El turismo de cruceros sigue mostrando cifras récord en llegada de pasajeros a los puertos dominicanos. Sin embargo, detrás del crecimiento en números existe una realidad menos visible: la gran mayoría de los cruceristas no pisa suelo dominicano, lo que limita de forma significativa el impacto económico real de este tipo de turismo.
Una llegada masiva con poco desembarco
Durante el último año, millones de pasajeros llegaron a la República Dominicana a bordo de cruceros. No obstante, los datos oficiales indican que solo alrededor de tres de cada 100 cruceristas bajan del barco y pasan por los controles migratorios para entrar formalmente al país. Esto significa que más del 95% permanece dentro del barco o en áreas portuarias sin contacto directo con la economía local.
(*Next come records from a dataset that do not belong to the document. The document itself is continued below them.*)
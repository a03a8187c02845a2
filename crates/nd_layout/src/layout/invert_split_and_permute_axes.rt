//! Changes of one axis of a layout, and permutations of its axes. The cost of each depends only on the number of axes.

ghost use Rattle.std.specs.Prelude.{◌↔◌, ◌≡◌, ◌<◌, ◌≤◌, ◌-◌, IsTrue, length, reverse, slice_index, slice_index_or, slice_set, swap, pos, ◌+ℤ◌, ◌*ℤ◌};
ghost use Rattle.nd_shape_and_slice.specs.ShapesAndIndexOrders.{size_of};
ghost use Rattle.nd_shape_and_slice.specs.AxisPermutations.{HasEachAxis, permuted_list, unpermuted_list};
ghost use Rattle.nd_layout.specs.StridesAfterLayoutCalls.{permuted_strides as permuted_ints, inverted_strides, opposite_stride};
ghost use Rattle.nd_shape_and_slice.specs.LayoutIndexMaps.{inverted_index, collapsed_shape, collapsed_index, lower_shape, upper_shape, upper_index};
ghost use Rattle.nd_layout.specs.LayoutStepsOfCalls.{placement_of, IsStepOf};
ghost use Rattle.nd_layout.specs.OneAxisSteps.{IsMovedAlong, IsOffsetCollapsed, IsOffsetInverted, IsOffsetUpper, LeavesSome};

use super::Layout;
use super::place_at::moved_by;
use nd_shape_and_slice::{Dimension, StrideList, is_empty_shape};

/// Returns the length of `axis`.
pub(crate) fn length_at(lengths: &[usize], axis: usize) -> usize
    requires { axis < length lengths.now }
    ensures { result ≡ slice_index lengths.now axis }
{
    lengths[axis]
}

/// Returns the stride of `axis`.
pub fn stride_at(strides: &[isize], axis: usize) -> isize
    requires { axis < length strides.now }
    ensures { result ≡ slice_index_or strides.now axis (pos 0) }
{
    strides[axis]
}

/// Returns the negated stride, or 0 if that overflows.
fn opposite(stride: isize) -> isize
    ensures { result ≡ opposite_stride stride }
{
    stride.checked_neg().unwrap_or(0)
}

impl<D: Dimension, T: StrideList> Layout<D, T> {
    /// Returns whether the layout has no element after the length of `axis` is reduced to `len`.
    #[inline]
    pub(crate) fn leaves_none(&self, axis: usize, len: usize) -> bool
        requires on { axis < length (D.lengths self.now.dim) }
        requires shorter { len ≤ slice_index (D.lengths self.now.dim) axis }
        ensures { IsTrue result ↔ (size_of (slice_set (D.lengths self.now.dim) axis len) ≡ 0) }
    {
        len == 0 || is_empty_shape(self.dim.slice())
    }

    /// Returns the offset after `axis` was shortened to `len` so that its old coordinate `steps` is its new coordinate
    /// 0. If no element is left, the offset stays.
    #[inline]
    fn offset_after(&self, axis: usize, len: usize, steps: usize) -> usize
        requires on { axis < length (D.lengths self.now.dim) }
        requires shorter { len ≤ slice_index (D.lengths self.now.dim) axis }
        requires within { 0 < len → steps < slice_index (D.lengths self.now.dim) axis }
        ensures moved { LeavesSome self.now axis len → IsMovedAlong self.now axis steps self.now.offset result }
        ensures empty { size_of (D.lengths self.now.dim) ≡ 0 → result ≡ self.now.offset }
    {
        if self.leaves_none(axis, len) {
            self.offset
        } else {
            moved_by(self.offset, steps, self.strides.stride(axis))
        }
    }

    /// Returns the offset after `axis` is inverted.
    #[inline]
    fn offset_inverted(&self, axis: usize) -> usize
        requires { axis < length (D.lengths self.now.dim) }
        ensures step { IsOffsetInverted (placement_of self.now) axis result }
        ensures empty { size_of (D.lengths self.now.dim) ≡ 0 → result ≡ self.now.offset }
    {
        let len = self.dim.length(axis);
        self.offset_after(axis, len, len.saturating_sub(1))
    }

    /// Returns the offset after only the coordinate `index` of `axis` is kept.
    #[inline]
    pub(crate) fn offset_collapsed(&self, axis: usize, index: usize) -> usize
        requires on { axis < length (D.lengths self.now.dim) }
        requires within { index < slice_index (D.lengths self.now.dim) axis }
        ensures step { IsOffsetCollapsed (placement_of self.now) axis index result }
        ensures empty { size_of (D.lengths self.now.dim) ≡ 0 → result ≡ self.now.offset }
    {
        self.offset_after(axis, 1, index)
    }

    /// Returns the offset after only the coordinates of `axis` from `index` on are kept.
    #[inline]
    fn offset_upper(&self, axis: usize, index: usize) -> usize
        requires on { axis < length (D.lengths self.now.dim) }
        requires within { index ≤ slice_index (D.lengths self.now.dim) axis }
        ensures step { IsOffsetUpper (placement_of self.now) axis index result }
        ensures empty { size_of (D.lengths self.now.dim) ≡ 0 → result ≡ self.now.offset }
    {
        self.offset_after(axis, self.dim.length(axis) - index, index)
    }

    /// Inverts `axis`: its last coordinate becomes its first.
    #[inline]
    pub fn invert_axis(&mut self, axis: usize)
        requires { axis < length (D.lengths self.old.dim) }
        ensures lengths { D.lengths self.new.dim ≡ D.lengths self.old.dim }
        ensures strides { T.strides_of self.new.strides ≡ inverted_strides (T.strides_of self.old.strides) axis }
        ensures step { IsStepOf (placement_of self.old) (placement_of self.new) (inverted_index (D.lengths self.old.dim) axis) }
        ensures empty { size_of (D.lengths self.old.dim) ≡ 0 → self.new.offset ≡ self.old.offset }
    {
        let offset = self.offset_inverted(axis);
        let stride = opposite(self.strides.stride(axis));
        self.offset = offset;
        self.strides.set(axis, stride);
    }

    /// Keeps only the coordinate `index` of `axis`, whose length becomes 1.
    #[inline]
    pub fn collapse_axis(&mut self, axis: usize, index: usize)
        requires on { axis < length (D.lengths self.old.dim) }
        requires within { index < slice_index (D.lengths self.old.dim) axis }
        ensures lengths { D.lengths self.new.dim ≡ collapsed_shape (D.lengths self.old.dim) axis }
        ensures strides { T.strides_of self.new.strides ≡ T.strides_of self.old.strides }
        ensures step { IsStepOf (placement_of self.old) (placement_of self.new) (collapsed_index axis index) }
        ensures empty { size_of (D.lengths self.old.dim) ≡ 0 → self.new.offset ≡ self.old.offset }
    {
        let offset = self.offset_collapsed(axis, index);
        self.offset = offset;
        self.dim.set_length(axis, 1);
    }

    /// Keeps only the coordinates of `axis` below `index`.
    #[inline]
    pub fn keep_lower(&mut self, axis: usize, index: usize)
        requires on { axis < length (D.lengths self.old.dim) }
        requires within { index ≤ slice_index (D.lengths self.old.dim) axis }
        ensures lengths { D.lengths self.new.dim ≡ lower_shape (D.lengths self.old.dim) axis index }
        ensures strides { T.strides_of self.new.strides ≡ T.strides_of self.old.strides }
        ensures step { IsStepOf (placement_of self.old) (placement_of self.new) (λ i. i) }
        ensures offset { self.new.offset ≡ self.old.offset }
    {
        self.dim.set_length(axis, index);
    }

    /// Keeps only the coordinates of `axis` from `index` on.
    #[inline]
    pub fn keep_upper(&mut self, axis: usize, index: usize)
        requires on { axis < length (D.lengths self.old.dim) }
        requires within { index ≤ slice_index (D.lengths self.old.dim) axis }
        ensures lengths { D.lengths self.new.dim ≡ upper_shape (D.lengths self.old.dim) axis index }
        ensures strides { T.strides_of self.new.strides ≡ T.strides_of self.old.strides }
        ensures step { IsStepOf (placement_of self.old) (placement_of self.new) (upper_index axis index) }
        ensures empty { size_of (D.lengths self.old.dim) ≡ 0 → self.new.offset ≡ self.old.offset }
    {
        let offset = self.offset_upper(axis, index);
        let len = self.dim.length(axis);
        self.offset = offset;
        self.dim.set_length(axis, len - index);
    }

    /// Splits the layout in two at `axis`: the first layout has the coordinates below `index`, the second those from
    /// `index` on.
    #[inline]
    pub fn halves(&self, axis: usize, index: usize) -> (Self, Self)
        requires on { axis < length (D.lengths self.now.dim) }
        requires within { index ≤ slice_index (D.lengths self.now.dim) axis }
        ensures lower_lengths { D.lengths result.0.dim ≡ lower_shape (D.lengths self.now.dim) axis index }
        ensures lower_strides { T.strides_of result.0.strides ≡ T.strides_of self.now.strides }
        ensures lower { IsStepOf (placement_of self.now) (placement_of result.0) (λ i. i) }
        ensures upper_lengths { D.lengths result.1.dim ≡ upper_shape (D.lengths self.now.dim) axis index }
        ensures upper_strides { T.strides_of result.1.strides ≡ T.strides_of self.now.strides }
        ensures upper { IsStepOf (placement_of self.now) (placement_of result.1) (upper_index axis index) }
        ensures lower_offset { result.0.offset ≡ self.now.offset }
        ensures upper_empty { size_of (D.lengths self.now.dim) ≡ 0 → result.1.offset ≡ self.now.offset }
    {
        let mut lower = self.copied();
        let mut upper = self.copied();
        lower.keep_lower(axis, index);
        upper.keep_upper(axis, index);
        (lower, upper)
    }
}

/// Exchanges the lengths and strides of the axes `a` and `b`.
#[inline]
fn exchange<D: Dimension, T: StrideList>(dim: &mut D, strides: &mut T, a: usize, b: usize)
    requires as_many { length (T.strides_of strides.old) ≡ length (D.lengths dim.old) }
    requires a { a < length (D.lengths dim.old) }
    requires b { b < length (D.lengths dim.old) }
    ensures lengths { D.lengths dim.new ≡ swap (D.lengths dim.old) a b }
    ensures strides { T.strides_of strides.new ≡ swap (T.strides_of strides.old) a b }
{
    let (len, stride) = (dim.length(a), strides.stride(a));
    let (other_len, other_stride) = (dim.length(b), strides.stride(b));
    dim.set_length(a, other_len);
    strides.set(a, other_stride);
    dim.set_length(b, len);
    strides.set(b, stride);
}

/// Reverses the order of the axes in `dim` and `strides`.
#[inline]
fn reverse<D: Dimension, T: StrideList>(dim: &mut D, strides: &mut T)
    requires { length (T.strides_of strides.old) ≡ length (D.lengths dim.old) }
    ensures lengths { D.lengths dim.new ≡ reverse (D.lengths dim.old) }
    ensures strides { T.strides_of strides.new ≡ reverse (T.strides_of strides.old) }
{
    let count = dim.ndim();
    for k in 0..count / 2 {
        exchange(dim, strides, k, count - 1 - k);
    }
}

/// Permutes two axes in `dim` and `strides`: the new axis `k` is the old axis `axes[k]`.
#[inline]
fn permute_two<D: Dimension, T: StrideList>(dim: &mut D, strides: &mut T, axes: &[usize])
    requires as_many { length (T.strides_of strides.old) ≡ length (D.lengths dim.old) }
    requires each { HasEachAxis axes.now (length (D.lengths dim.old)) }
    requires two { length axes.now ≡ 2 }
    ensures lengths { D.lengths dim.new ≡ permuted_list axes.now (D.lengths dim.old) }
    ensures strides { T.strides_of strides.new ≡ permuted_ints axes.now (T.strides_of strides.old) }
{
    exchange(dim, strides, 0, axes[0]);
}

/// Permutes any number of axes in `dim` and `strides`: the new axis `k` is the old axis `axes[k]`.
#[inline]
#[tactic(auto, using(crate::proofs::PermutedAxes::axis_below))]
fn permute_each<D: Dimension, T: StrideList>(dim: &mut D, strides: &mut T, axes: &[usize])
    requires as_many { length (T.strides_of strides.old) ≡ length (D.lengths dim.old) }
    requires each { HasEachAxis axes.now (length (D.lengths dim.old)) }
    ensures lengths { D.lengths dim.new ≡ permuted_list axes.now (D.lengths dim.old) }
    ensures strides { T.strides_of strides.new ≡ permuted_ints axes.now (T.strides_of strides.old) }
{
    let (old_dim, old_strides) = (*dim, *strides);
    for k in 0..axes.len() {
        dim.set_length(k, old_dim.length(axes[k]));
        strides.set(k, old_strides.stride(axes[k]));
    }
}

/// Permutes the axes in `dim` and `strides`: the new axis `k` is the old axis `axes[k]`. Two axes are exchanged in
/// place, without a copy of `dim` and `strides`.
#[inline]
fn permute<D: Dimension, T: StrideList>(dim: &mut D, strides: &mut T, axes: &[usize])
    requires as_many { length (T.strides_of strides.old) ≡ length (D.lengths dim.old) }
    requires each { HasEachAxis axes.now (length (D.lengths dim.old)) }
    ensures lengths { D.lengths dim.new ≡ permuted_list axes.now (D.lengths dim.old) }
    ensures strides { T.strides_of strides.new ≡ permuted_ints axes.now (T.strides_of strides.old) }
{
    if axes.len() == 2 {
        permute_two(dim, strides, axes);
    } else {
        permute_each(dim, strides, axes);
    }
}

impl<D: Dimension, T: StrideList> Layout<D, T> {
    /// Exchanges the axes `a` and `b`.
    #[inline]
    pub fn swap_axes(&mut self, a: usize, b: usize)
        requires a { a < length (D.lengths self.old.dim) }
        requires b { b < length (D.lengths self.old.dim) }
        ensures lengths { D.lengths self.new.dim ≡ swap (D.lengths self.old.dim) a b }
        ensures strides { T.strides_of self.new.strides ≡ swap (T.strides_of self.old.strides) a b }
        ensures step { IsStepOf (placement_of self.old) (placement_of self.new) (λ i. swap i a b) }
        ensures offset { self.new.offset ≡ self.old.offset }
    {
        exchange(&mut self.dim, &mut self.strides, a, b);
    }

    /// Reverses the order of the axes.
    #[inline]
    pub fn reverse_axes(&mut self)
        ensures lengths { D.lengths self.new.dim ≡ reverse (D.lengths self.old.dim) }
        ensures strides { T.strides_of self.new.strides ≡ reverse (T.strides_of self.old.strides) }
        ensures step { IsStepOf (placement_of self.old) (placement_of self.new) reverse }
        ensures offset { self.new.offset ≡ self.old.offset }
    {
        reverse(&mut self.dim, &mut self.strides);
    }

    /// Permutes the axes: the new axis `k` is the old axis `axes[k]`.
    #[inline]
    pub fn permute_axes(&mut self, axes: &[usize])
        requires { HasEachAxis axes.now (length (D.lengths self.old.dim)) }
        ensures lengths { D.lengths self.new.dim ≡ permuted_list axes.now (D.lengths self.old.dim) }
        ensures strides { T.strides_of self.new.strides ≡ permuted_ints axes.now (T.strides_of self.old.strides) }
        ensures step { IsStepOf (placement_of self.old) (placement_of self.new) (unpermuted_list axes.now) }
        ensures offset { self.new.offset ≡ self.old.offset }
    {
        permute(&mut self.dim, &mut self.strides, axes);
    }
}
Cruceristas que no cuentan como visitantes reales
Aunque estos pasajeros son incluidos dentro de las estadísticas generales de turismo, la mayoría no consume productos ni servicios fuera del crucero. Al no salir del barco, no visitan comercios, restaurantes, guías turísticos ni transporte local, lo que reduce considerablemente la derrama económica que suele asociarse al turismo marítimo.
Las razones por las que no bajan
Entre los principales factores que influyen en esta situación se encuentran:
- Escalas cortas que limitan el tiempo para salir del puerto.
- Servicios todo incluido dentro del crucero, que reducen el incentivo de bajar.
- Excursiones privadas organizadas directamente por las navieras.
Estas condiciones hacen que muchos pasajeros prefieran quedarse a bordo, aun estando frente a destinos turísticos reconocidos.
Impacto económico reducido
El gasto de los cruceristas que sí desembarcan se concentra principalmente en souvenirs, excursiones cortas y consumo puntual. Aunque genera ingresos, este impacto es limitado si se compara con el de los turistas que llegan por vía aérea y permanecen varios días en el país utilizando hoteles, restaurantes y otros servicios.
Datos revelados por El Dinero
Esta realidad fue expuesta por el periódico El Dinero, que destacó cómo el crecimiento del turismo de cruceros no se traduce automáticamente en un mayor beneficio económico para el país si la mayoría de los pasajeros no sale del barco ni interactúa con la economía local.
Un reto para el turismo dominicano
El bajo nivel de desembarco plantea un desafío importante: convertir la llegada de cruceros en visitas reales al país. Incentivar excursiones atractivas, mejorar la experiencia fuera del puerto y facilitar el acceso a ciudades cercanas podría marcar la diferencia entre recibir pasajeros y recibir verdaderos visitantes que aporten de forma directa al desarrollo económico local.